SAXVSM, TSBF, and LearningShapelets are not available in pyts and have no comparison baseline.

## Summary

| Statistic | Value |
|-----------|-------|
| **Geometric mean speedup** | **5.0x** |
| Arithmetic mean speedup | 11.6x |
| Median speedup | 3.7x |
| Min speedup | 0.9x (PAA) |
| Max speedup | 131.2x (ShapeletTransform) |

25 out of 28 algorithms have Python baselines. All 25 are faster or within measurement noise. The largest gains come from compute-intensive algorithms (ShapeletTransform, DTW fast, KNN, ROCKET, SSA) where Rust's compiled code, SIMD autovectorization, and Rayon parallelism compound.

### Where oxits is closest to pyts

- **PAA** (0.9x): At 22 microseconds, PAA is dominated by measurement overhead. Both implementations are near-instant.
- **DTW classic** (1.4-1.9x): The sequential DP recurrence prevents parallelization and limits SIMD gains.
- **BagOfWords** (1.9x): Most time is spent in the SFA pipeline and string hashing.

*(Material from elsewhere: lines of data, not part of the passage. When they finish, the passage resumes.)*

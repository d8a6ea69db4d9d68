//! The places of variables on the stack.
ghost use Rattle.std.specs.Prelude.{◌≡◌, ◌++◌, IfOk};
ghost use Rattle.box_code.specs.Represents.{counted};

use crate::counts::plus;
use hume_base::List;
use std::alloc::{AllocError, Global};

/// The places, and so many more from a place on.
pub(crate) fn with_places(
    alloc: Global,
    places: &List<u32>,
    start: u32,
    count: u32,
) -> Result<List<u32>, AllocError>
    ensures { IfOk result (λ inner. inner ≡ places.now ++ counted start count) }
{
    let mut inner = List::from_vec(places.as_slice().to_vec(alloc)?);
    for i in 0..count {
        inner.push(plus(start, i)?)?;
    }
    Ok(inner)
}

/// So many places from one on.
pub(crate) fn counted_places(alloc: Global, start: u32, count: u32) -> Result<List<u32>, AllocError>
    ensures { IfOk result (λ places. places ≡ counted start count) }
{
    let none = List::new(alloc);
    with_places(alloc, &none, start, count)
}
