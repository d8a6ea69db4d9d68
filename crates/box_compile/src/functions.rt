//! The code of functions.
ghost use Rattle.std.specs.Prelude.{◌≡◌, ◌+◌, ◌∷◌, [], length, IfOk, OnOk};
ghost use Rattle.box_code.specs.Represents.{counted, EquationsStand, FunctionsStand, Represents};
ghost use Rattle.box_compile.specs.inner.Emitted.{Emitted};
ghost use Rattle.box_compile.specs.inner.Entries.{entry_in, EquationsBegin, FunctionStands};

use crate::counts::{count, plus};
use crate::expressions::emit_expression;
use crate::needed::Needed;
use crate::pattern_code::emit_patterns;
use crate::places::counted_places;
use crate::sizes::equation_words;
use crate::writer::Writer;
use box_code::Instr;
use hume_base::List;
use hume_model::{Core, EqC, Expr, FunC, NO_CASE};
use std::alloc::{AllocError, Global};

/// The code of the functions that are needed, in the order of their numbers, and where each of them begins.
pub(crate) fn emit_functions(
    alloc: Global,
    writer: &mut Writer,
    core: &Core,
    needed: &Needed,
) -> Result<List<Option<u32>>, AllocError>
    ensures { IfOk result (λ entries. Emitted writer.old writer.new (λ code from to. FunctionsStand code (entry_in entries) core.now)) }
{
    let mut entries = List::new(alloc);
    for (i, function) in core.funs.as_slice().iter().enumerate() {
        let entry = emit_if_needed(alloc, writer, entries.as_slice(), function, needed.has(i))?;
        entries.push(entry)?;
    }
    Ok(entries)
}

fn emit_if_needed(
    alloc: Global,
    writer: &mut Writer,
    entries: &[Option<u32>],
    function: &FunC,
    is_needed: bool,
) -> Result<Option<u32>, AllocError>
    ensures { IfOk result (λ entry. Emitted writer.old writer.new (λ code from to. FunctionStands code (entry_in entries.now) entry function.now)) }
{
    if is_needed {
        let place = writer.len();
        match emit_function(alloc, writer, entries, function) {
            Err(error) => Err(error),
            Ok(()) => Ok(Some(place)),
        }
    } else {
        Ok(None)
    }
}

// The equations of a function, and what raises where none matches.
fn emit_function(
    alloc: Global,
    writer: &mut Writer,
    entries: &[Option<u32>],
    function: &FunC,
) -> Result<(), AllocError>
    ensures { OnOk result (Emitted writer.old writer.new
        (λ code from to. EquationsStand code (entry_in entries.now) (length function.now.params) from function.now.equations)) }
{
    let count = count(function.params.len())?;
    emit_equations(alloc, writer, entries, count, function.equations.as_slice())
}

fn emit_equations(
    alloc: Global,
    writer: &mut Writer,
    entries: &[Option<u32>],
    count: u32,
    equations: &[EqC],
) -> Result<(), AllocError>
    ensures { OnOk result (Emitted writer.old writer.new (λ code from to. EquationsStand code (entry_in entries.now) count from equations.now)) }
{
    for equation in equations {
        emit_equation(alloc, writer, entries, count, equation)?;
    }
    writer.emit(Instr::Raise {
        exn: NO_CASE,
        carried: false,
    })
}

fn emit_equation(
    alloc: Global,
    writer: &mut Writer,
    entries: &[Option<u32>],
    arguments: u32,
    equation: &EqC,
) -> Result<(), AllocError>
    ensures { OnOk result (Emitted writer.old writer.new
        (λ code from to. EquationsBegin code (entry_in entries.now) arguments from to (equation.now ∷ []))) }
{
    let top = plus(arguments, 2)?;
    let other = plus(writer.len(), equation_words(equation))?;
    let variables = emit_patterns(alloc, writer, top, other, equation.pats.as_slice())?;
    emit_body(alloc, writer, entries, top, variables, &equation.body)?;
    writer.emit(Instr::Return {
        count: arguments,
        variables,
    })?;
    writer.reach(other)
}

// The code of an expression with so many variables, on a stack of so many words without them.
fn emit_body(
    alloc: Global,
    writer: &mut Writer,
    entries: &[Option<u32>],
    top: u32,
    variables: u32,
    body: &Expr,
) -> Result<(), AllocError>
    ensures { OnOk result (Emitted writer.old writer.new
        (λ code from to. Represents code (entry_in entries.now) (counted top variables) (top + variables) from to body.now)) }
{
    let places = counted_places(alloc, top, variables)?;
    let high = plus(top, variables)?;
    emit_expression(alloc, writer, entries, &places, high, body)
}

### Where oxits pulls ahead most

- **ShapeletTransform** (131x): Brute-force O(n^2 * m * k) search benefits enormously from compiled code + Rayon.
- **DTW fast** (34x): The multiscale approximation uses coarsening + band projection; the Rust implementation avoids Python's recursive overhead.
- **KNN** (17x): Distance matrix computation is embarrassingly parallel and benefits from inlined DTW.
- **StandardScaler** (12x): Rayon parallelism over 100 samples + SIMD-friendly memory layout.
- **SSA** (11x): In-place Jacobi eigendecomposition (zero allocations per iteration), FFT plan reuse, and Rayon.
- **ROCKET** (10x): Random kernel generation and convolution is pure compute with no Python overhead.